Gene regulatory networks (GRNs) describe how transcription factors, signaling molecules, and regulatory elements control gene expression patterns. Computational GRN inference reconstructs these regulatory relationships from data: co-expression networks identify genes that are coordinately regulated, ChIP-seq reveals direct transcription factor-target relationships, and perturbation experiments (knockouts, overexpression) establish causal regulatory links. Methods range from correlation-based (WGCNA) to information-theoretic (ARACNE, mutual information) to causal inference (Bayesian networks, Granger causality). GRNs explain how cells establish and maintain identity, respond to signals, and develop from undifferentiated precursors.
Build a small co-expression network from an RNA-seq time series using WGCNA: identify gene modules, find hub genes in each module, and check whether the hubs are known transcription factors. Then examine a published GRN for a well-studied system (e.g., embryonic stem cell pluripotency network) and trace how key transcription factors regulate each other in feedback loops.

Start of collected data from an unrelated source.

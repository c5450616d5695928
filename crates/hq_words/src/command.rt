//! The words that there are, with the help that teaches them.

ghost use Rattle.std.specs.Prelude.{◌≡◌, IfOk, codes, false, fold};
ghost use Rattle.std.specs.Prelude.{map as map_list};
ghost use Rattle.clap.specs.Simple.{app_of, shape_of, with_rule, with_subcommand};
ghost use Rattle.clap.specs.Walk.{rule_of};
ghost use Rattle.clap.specs.declared.builder.command.Command.TheViews.{out-Command};
ghost use Rattle.hq_words.specs.Program.{option_rule, default_rule, number_rule, moment_rule};
ghost use Rattle.hq_words.specs.Program.{rule_for, word_shape, bare_program, program};

use crate::table::{OptionRow, Takes, WORDS, WordRow};
use crate::texts::{ABOUT, AFTER_ABOUT, NAME, SYNOPSIS, VERSION};
use clap::{Arg, Command, value_parser};
use std::alloc::{AllocError, Global};

/// The last second of the year 2099.
const LAST_MOMENT: i64 = 4_102_444_799;

/// The most connections that are asked for.
const MOST_CONNECTIONS: i64 = 1_000_000;

/// The longest time that a client is given: an hour.
const MOST_SECONDS: i64 = 3_600;

/// An option that takes one value.
fn option<'w>(
    alloc: Global,
    name: &'w str,
    value: &'w str,
    help: &'w str,
    is_required: bool,
) -> Arg<'w>
    ensures rule { rule_of result ≡ option_rule name.entry.now is_required }
    ensures local { result.global ≡ false }
{
    Arg::new(alloc, name)
        .long(name)
        .value_name(value)
        .required(is_required)
        .help(help)
}

/// An option that takes one value, and what it is where it is left out.
fn defaulted<'w>(
    alloc: Global,
    name: &'w str,
    value: &'w str,
    help: &'w str,
    default: &'w str,
) -> Arg<'w>
    ensures rule { rule_of result ≡ default_rule name.entry.now default.entry.now }
    ensures local { result.global ≡ false }
{
    option(alloc, name, value, help, false).default_value(default)
}

/// An option of a number of connections.
fn count<'w>(alloc: Global, name: &'w str, value: &'w str, help: &'w str) -> Arg<'w>
    ensures rule { rule_of result ≡ number_rule name.entry.now (codes "1000000") 1000000 }
    ensures local { result.global ≡ false }
{
    defaulted(alloc, name, value, help, "1000000").value_parser(value_parser!(u64).range(
        1..=MOST_CONNECTIONS,
    ))
}

/// An option of a time, in seconds.
fn seconds<'w>(alloc: Global, name: &'w str, value: &'w str, help: &'w str) -> Arg<'w>
    ensures rule { rule_of result ≡ number_rule name.entry.now (codes "30") 3600 }
    ensures local { result.global ≡ false }
{
    defaulted(alloc, name, value, help, "30").value_parser(value_parser!(u64).range(
        1..=MOST_SECONDS,
    ))
}

/// An option of a moment, in seconds since 1970.
fn moment<'w>(alloc: Global, name: &'w str, value: &'w str, help: &'w str) -> Arg<'w>
    ensures rule { rule_of result ≡ moment_rule name.entry.now }
    ensures local { result.global ≡ false }
{
    option(alloc, name, value, help, true).value_parser(value_parser!(u64).range(..=LAST_MOMENT))
}

/// The option of a row.
fn option_of<'w>(alloc: Global, row: OptionRow) -> Arg<'w>
    ensures rule { rule_of result ≡ rule_for row.entry.0.now row.entry.3 }
    ensures local { result.global ≡ false }
{
    let (name, value, help, takes) = row;
    match takes {
        Takes::Needed => option(alloc, name, value, help, true),
        Takes::Optional => option(alloc, name, value, help, false),
        Takes::TextOr(text) => defaulted(alloc, name, value, help, text),
        Takes::Count => count(alloc, name, value, help),
        Takes::Seconds => seconds(alloc, name, value, help),
        Takes::Moment => moment(alloc, name, value, help),
    }
}

/// With the option of a row.
fn with_option<'w>(
    alloc: Global,
    command: Command<'w>,
    row: OptionRow,
) -> Result<Command<'w>, AllocError>
    ensures shape { IfOk result (λ c. app_of c
        ≡ with_rule (app_of command.entry) (rule_for row.entry.0.now row.entry.3)) }
    ensures local { IfOk result (λ c. (out-Command c).has_globals
        ≡ (out-Command command.entry).has_globals) }
{
    command.arg(option_of(alloc, row))
}

/// With the options of these rows, in their order.
fn with_options<'w>(
    alloc: Global,
    command: Command<'w>,
    rows: &[OptionRow],
) -> Result<Command<'w>, AllocError>
    ensures shape { IfOk result (λ c. app_of c ≡ fold with_rule (app_of command.entry)
        (map_list (λ row. rule_for row.0.now row.3) rows.now)) }
    ensures local { IfOk result (λ c. (out-Command c).has_globals
        ≡ (out-Command command.entry).has_globals) }
{
    match rows {
        [] => Ok(command),
        [row, rest @ ..] => {
            let more = with_option(alloc, command, *row)?;
            with_options(alloc, more, rest)
        }
    }
}

/// The word of a row.
fn word_of<'w>(alloc: Global, row: WordRow) -> Result<Command<'w>, AllocError>
    ensures shape { IfOk result (λ c. shape_of c ≡ word_shape row.entry.0.now
        (map_list (λ row. rule_for row.0.now row.3) row.entry.3.now)) }
    ensures local { IfOk result (λ c. (out-Command c).has_globals ≡ false) }
{
    let (name, about, after_help, options) = row;
    let bare = Command::new(alloc, name)
        .about(about)
        .after_help(after_help);
    with_options(alloc, bare, options)
}

/// With the word of a row.
fn with_word<'w>(
    alloc: Global,
    program: Command<'w>,
    row: WordRow,
) -> Result<Command<'w>, AllocError>
    ensures { IfOk result (λ c. app_of c ≡ with_subcommand (app_of program.entry)
        (word_shape row.entry.0.now
        (map_list (λ row. rule_for row.0.now row.3) row.entry.3.now))) }
{
    let word = word_of(alloc, row)?;
    program.subcommand(word)
}

/// With the words of these rows, in their order.
fn with_words<'w>(
    alloc: Global,
    program: Command<'w>,
    rows: &[WordRow],
) -> Result<Command<'w>, AllocError>
    ensures { IfOk result (λ c. app_of c ≡ fold with_subcommand (app_of program.entry)
        (map_list (λ row. word_shape row.0.now
        (map_list (λ row. rule_for row.0.now row.3) row.3.now)) rows.now)) }
{
    match rows {
        [] => Ok(program),
        [row, rest @ ..] => {
            let more = with_word(alloc, program, *row)?;
            with_words(alloc, more, rest)
        }
    }
}

/// The program, without a word.
fn bare<'w>(alloc: Global) -> Result<Command<'w>, AllocError>
    ensures { IfOk result (λ c. app_of c ≡ bare_program) }
{
    let program = Command::new(alloc, NAME)
        .bin_name(NAME)?
        .version(VERSION)
        .override_usage(SYNOPSIS)
        .no_binary_name(true)
        .disable_help_subcommand(true)
        .subcommand_required(true)
        .about(ABOUT)
        .after_help(AFTER_ABOUT);
    Ok(program)
}

/// The program, with its words.
pub(crate) fn program<'w>(alloc: Global) -> Result<Command<'w>, AllocError>
    ensures { IfOk result (λ c. app_of c ≡ program) }
{
    let bare = bare(alloc)?;
    with_words(alloc, bare, &WORDS)
}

A cell's identity — whether it is a neuron, a liver cell, or a stem cell — is defined by which genes it expresses. Gene regulatory networks are the wiring diagrams that control these expression patterns. Transcription factors bind to regulatory DNA elements and activate or repress their target genes, which may include other transcription factors, creating cascades and feedback loops that establish and maintain cell states. Understanding these networks is central to developmental biology, cancer research, and cellular reprogramming.
Co-expression network analysis is the most accessible entry point. Given expression data across many conditions or time points, genes that consistently rise and fall together are grouped into modules. WGCNA (Weighted Gene Co-expression Network Analysis) is the standard tool: it computes pairwise correlations, applies a soft threshold to create a weighted network, and identifies modules using hierarchical clustering. Hub genes — those with the highest connectivity within a module — are candidates for key regulators. If a module's hub is a known transcription factor with binding motifs enriched in the promoters of module members, the evidence for a regulatory relationship strengthens. But co-expression is correlation, not causation, and the network represents co-regulation patterns, not direct regulatory wiring.
Direct regulatory inference requires additional data. ChIP-seq maps where transcription factors bind across the genome, identifying potential direct targets. Motif analysis scans promoter and enhancer sequences for transcription factor binding site matches. Perturbation experiments — CRISPR knockouts, siRNA knockdowns, inducible overexpression — measure the functional consequence of changing a regulator's activity. The most powerful GRN inference integrates all three: expression data (which genes change), binding data (which genes are directly bound), and perturbation data (which changes are caused by the regulator). Methods like CellOracle and SCENIC combine these data types to build context-specific regulatory networks.
The resulting networks reveal fundamental organizational principles. Feedforward loops (regulator A activates B, and both A and B activate C) filter transient signals and ensure robust activation. Feedback loops (A activates B, B represses A) create oscillations or bistable switches. Master regulators — transcription factors at the top of regulatory hierarchies — can reprogram cell identity when ectopically expressed (as demonstrated by the Yamanaka factors that convert fibroblasts to induced pluripotent stem cells). Network topology analysis identifies these key nodes, prioritizes therapeutic targets in disease, and provides the mechanistic framework for understanding how genotype (variants in regulatory elements) connects to phenotype (altered gene expression programs and cellular behavior).